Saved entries

= = = = =

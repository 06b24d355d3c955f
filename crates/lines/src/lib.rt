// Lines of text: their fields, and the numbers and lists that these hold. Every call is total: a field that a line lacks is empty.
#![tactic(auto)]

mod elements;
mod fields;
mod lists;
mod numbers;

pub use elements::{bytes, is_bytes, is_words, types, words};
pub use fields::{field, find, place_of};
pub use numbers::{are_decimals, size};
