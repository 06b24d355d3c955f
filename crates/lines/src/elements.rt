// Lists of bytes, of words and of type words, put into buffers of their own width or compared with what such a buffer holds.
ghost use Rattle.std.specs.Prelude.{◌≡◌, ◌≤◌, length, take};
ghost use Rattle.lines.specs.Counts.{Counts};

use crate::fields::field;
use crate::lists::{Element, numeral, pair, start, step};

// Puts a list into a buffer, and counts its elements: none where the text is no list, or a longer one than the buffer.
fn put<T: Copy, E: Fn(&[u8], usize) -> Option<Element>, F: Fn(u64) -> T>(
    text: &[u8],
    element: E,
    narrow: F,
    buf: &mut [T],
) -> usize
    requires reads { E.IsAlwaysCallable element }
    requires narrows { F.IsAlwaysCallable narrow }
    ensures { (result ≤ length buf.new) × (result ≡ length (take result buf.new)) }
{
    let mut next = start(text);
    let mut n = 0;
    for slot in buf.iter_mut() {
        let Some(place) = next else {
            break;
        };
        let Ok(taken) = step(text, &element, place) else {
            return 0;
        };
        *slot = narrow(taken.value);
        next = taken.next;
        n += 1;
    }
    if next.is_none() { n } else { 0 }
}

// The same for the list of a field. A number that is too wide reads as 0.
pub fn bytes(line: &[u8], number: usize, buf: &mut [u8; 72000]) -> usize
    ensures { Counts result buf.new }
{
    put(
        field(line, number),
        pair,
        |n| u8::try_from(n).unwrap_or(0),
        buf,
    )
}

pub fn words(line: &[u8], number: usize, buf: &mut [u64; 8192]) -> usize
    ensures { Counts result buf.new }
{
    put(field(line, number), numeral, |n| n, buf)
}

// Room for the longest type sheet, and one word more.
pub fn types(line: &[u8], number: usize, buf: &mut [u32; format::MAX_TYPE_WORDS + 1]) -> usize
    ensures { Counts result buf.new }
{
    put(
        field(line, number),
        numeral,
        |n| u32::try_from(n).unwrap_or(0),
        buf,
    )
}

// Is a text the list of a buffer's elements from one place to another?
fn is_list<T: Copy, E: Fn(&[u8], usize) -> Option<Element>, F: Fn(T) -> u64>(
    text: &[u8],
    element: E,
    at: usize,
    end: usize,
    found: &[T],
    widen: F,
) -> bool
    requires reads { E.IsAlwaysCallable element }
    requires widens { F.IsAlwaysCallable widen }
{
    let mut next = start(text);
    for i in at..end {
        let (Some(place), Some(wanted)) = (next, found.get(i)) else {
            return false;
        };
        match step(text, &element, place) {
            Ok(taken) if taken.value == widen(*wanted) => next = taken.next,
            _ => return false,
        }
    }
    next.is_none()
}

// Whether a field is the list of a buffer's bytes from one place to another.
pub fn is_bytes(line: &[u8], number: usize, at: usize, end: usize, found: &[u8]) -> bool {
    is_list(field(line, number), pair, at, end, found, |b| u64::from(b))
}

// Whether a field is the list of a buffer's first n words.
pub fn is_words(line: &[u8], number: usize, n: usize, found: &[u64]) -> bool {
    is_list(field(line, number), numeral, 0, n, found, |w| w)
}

= = = = =

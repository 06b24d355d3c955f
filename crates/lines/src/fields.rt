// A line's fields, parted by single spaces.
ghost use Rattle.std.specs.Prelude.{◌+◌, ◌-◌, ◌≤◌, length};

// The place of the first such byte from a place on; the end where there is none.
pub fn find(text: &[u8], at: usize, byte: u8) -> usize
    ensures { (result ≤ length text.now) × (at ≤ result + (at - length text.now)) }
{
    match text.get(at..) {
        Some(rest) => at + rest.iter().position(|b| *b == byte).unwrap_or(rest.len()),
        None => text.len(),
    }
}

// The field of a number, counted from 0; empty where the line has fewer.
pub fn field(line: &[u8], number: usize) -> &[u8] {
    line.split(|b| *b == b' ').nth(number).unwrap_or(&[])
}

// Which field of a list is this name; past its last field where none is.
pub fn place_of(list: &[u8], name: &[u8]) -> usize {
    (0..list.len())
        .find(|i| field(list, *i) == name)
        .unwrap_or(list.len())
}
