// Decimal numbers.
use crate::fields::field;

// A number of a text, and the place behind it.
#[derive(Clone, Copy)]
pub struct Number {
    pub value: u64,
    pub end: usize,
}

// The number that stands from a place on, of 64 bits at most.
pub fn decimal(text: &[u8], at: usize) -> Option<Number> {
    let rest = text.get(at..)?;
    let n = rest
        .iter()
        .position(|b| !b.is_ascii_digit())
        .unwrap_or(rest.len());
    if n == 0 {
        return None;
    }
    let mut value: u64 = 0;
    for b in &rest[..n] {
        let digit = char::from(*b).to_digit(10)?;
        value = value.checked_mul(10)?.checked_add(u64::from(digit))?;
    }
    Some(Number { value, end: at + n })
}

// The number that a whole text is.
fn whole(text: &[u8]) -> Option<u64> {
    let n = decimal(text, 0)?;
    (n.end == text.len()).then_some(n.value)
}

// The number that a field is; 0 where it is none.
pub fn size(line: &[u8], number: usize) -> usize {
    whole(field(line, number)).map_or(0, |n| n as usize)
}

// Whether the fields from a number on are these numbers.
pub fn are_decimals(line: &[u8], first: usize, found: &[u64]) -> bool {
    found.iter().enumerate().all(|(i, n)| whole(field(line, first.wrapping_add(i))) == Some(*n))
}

= = = = =

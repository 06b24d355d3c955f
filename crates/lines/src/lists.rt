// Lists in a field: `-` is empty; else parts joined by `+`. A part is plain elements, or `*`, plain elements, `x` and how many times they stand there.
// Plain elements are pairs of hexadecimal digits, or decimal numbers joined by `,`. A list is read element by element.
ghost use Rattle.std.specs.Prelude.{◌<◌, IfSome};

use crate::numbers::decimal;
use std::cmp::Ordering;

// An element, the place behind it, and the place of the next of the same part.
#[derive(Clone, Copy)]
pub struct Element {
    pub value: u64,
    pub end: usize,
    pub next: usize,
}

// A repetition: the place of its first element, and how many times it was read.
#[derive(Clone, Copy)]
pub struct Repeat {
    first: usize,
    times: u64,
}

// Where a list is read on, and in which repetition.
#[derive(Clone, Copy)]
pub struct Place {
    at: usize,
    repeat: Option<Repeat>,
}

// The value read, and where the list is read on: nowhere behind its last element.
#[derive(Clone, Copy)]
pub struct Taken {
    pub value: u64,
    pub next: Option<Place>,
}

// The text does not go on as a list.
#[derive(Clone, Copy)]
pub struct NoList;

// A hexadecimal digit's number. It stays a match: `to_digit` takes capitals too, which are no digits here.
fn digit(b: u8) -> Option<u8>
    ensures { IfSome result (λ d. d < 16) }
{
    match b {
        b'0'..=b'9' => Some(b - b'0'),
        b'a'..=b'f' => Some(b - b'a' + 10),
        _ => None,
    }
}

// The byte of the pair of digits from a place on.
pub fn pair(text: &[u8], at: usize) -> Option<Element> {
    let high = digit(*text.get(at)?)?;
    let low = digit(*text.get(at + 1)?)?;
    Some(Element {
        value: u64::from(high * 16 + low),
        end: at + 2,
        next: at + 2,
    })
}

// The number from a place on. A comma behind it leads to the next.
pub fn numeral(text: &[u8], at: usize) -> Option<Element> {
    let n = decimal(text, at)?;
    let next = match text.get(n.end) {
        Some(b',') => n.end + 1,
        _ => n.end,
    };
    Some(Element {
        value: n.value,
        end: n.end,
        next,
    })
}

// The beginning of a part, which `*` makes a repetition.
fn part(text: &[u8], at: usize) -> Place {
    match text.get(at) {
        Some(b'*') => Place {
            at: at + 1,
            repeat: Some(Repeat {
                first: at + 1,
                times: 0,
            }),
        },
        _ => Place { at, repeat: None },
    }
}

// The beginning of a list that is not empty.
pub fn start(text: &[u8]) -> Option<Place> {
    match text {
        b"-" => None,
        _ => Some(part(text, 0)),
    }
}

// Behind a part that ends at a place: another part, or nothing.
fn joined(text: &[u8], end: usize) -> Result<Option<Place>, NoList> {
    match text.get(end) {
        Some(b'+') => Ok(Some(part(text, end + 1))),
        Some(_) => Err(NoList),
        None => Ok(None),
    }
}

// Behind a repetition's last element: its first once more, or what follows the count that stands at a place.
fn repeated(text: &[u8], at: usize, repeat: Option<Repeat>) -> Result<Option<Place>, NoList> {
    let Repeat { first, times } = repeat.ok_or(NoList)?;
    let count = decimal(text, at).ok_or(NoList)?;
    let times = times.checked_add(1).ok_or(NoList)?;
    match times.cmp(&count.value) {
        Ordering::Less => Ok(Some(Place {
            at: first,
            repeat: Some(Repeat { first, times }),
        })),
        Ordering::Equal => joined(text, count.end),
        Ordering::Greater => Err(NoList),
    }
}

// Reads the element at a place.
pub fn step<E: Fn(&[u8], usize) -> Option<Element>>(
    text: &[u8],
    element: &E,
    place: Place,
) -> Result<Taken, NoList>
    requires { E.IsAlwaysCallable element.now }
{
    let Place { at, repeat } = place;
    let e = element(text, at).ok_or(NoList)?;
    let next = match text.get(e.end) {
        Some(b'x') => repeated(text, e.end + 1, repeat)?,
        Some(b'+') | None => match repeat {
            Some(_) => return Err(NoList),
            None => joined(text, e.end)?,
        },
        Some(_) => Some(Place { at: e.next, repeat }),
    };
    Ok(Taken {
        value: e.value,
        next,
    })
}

= = = = =

ACTIVITY:
What lines in the data hold the word "IsAlwaysCallable"? Return them.

SOLUTION TO THIS PROBLEM:
    requires reads { E.IsAlwaysCallable element }
    requires narrows { F.IsAlwaysCallable narrow }
    requires reads { E.IsAlwaysCallable element }
    requires widens { F.IsAlwaysCallable widen }
    requires { E.IsAlwaysCallable element.now }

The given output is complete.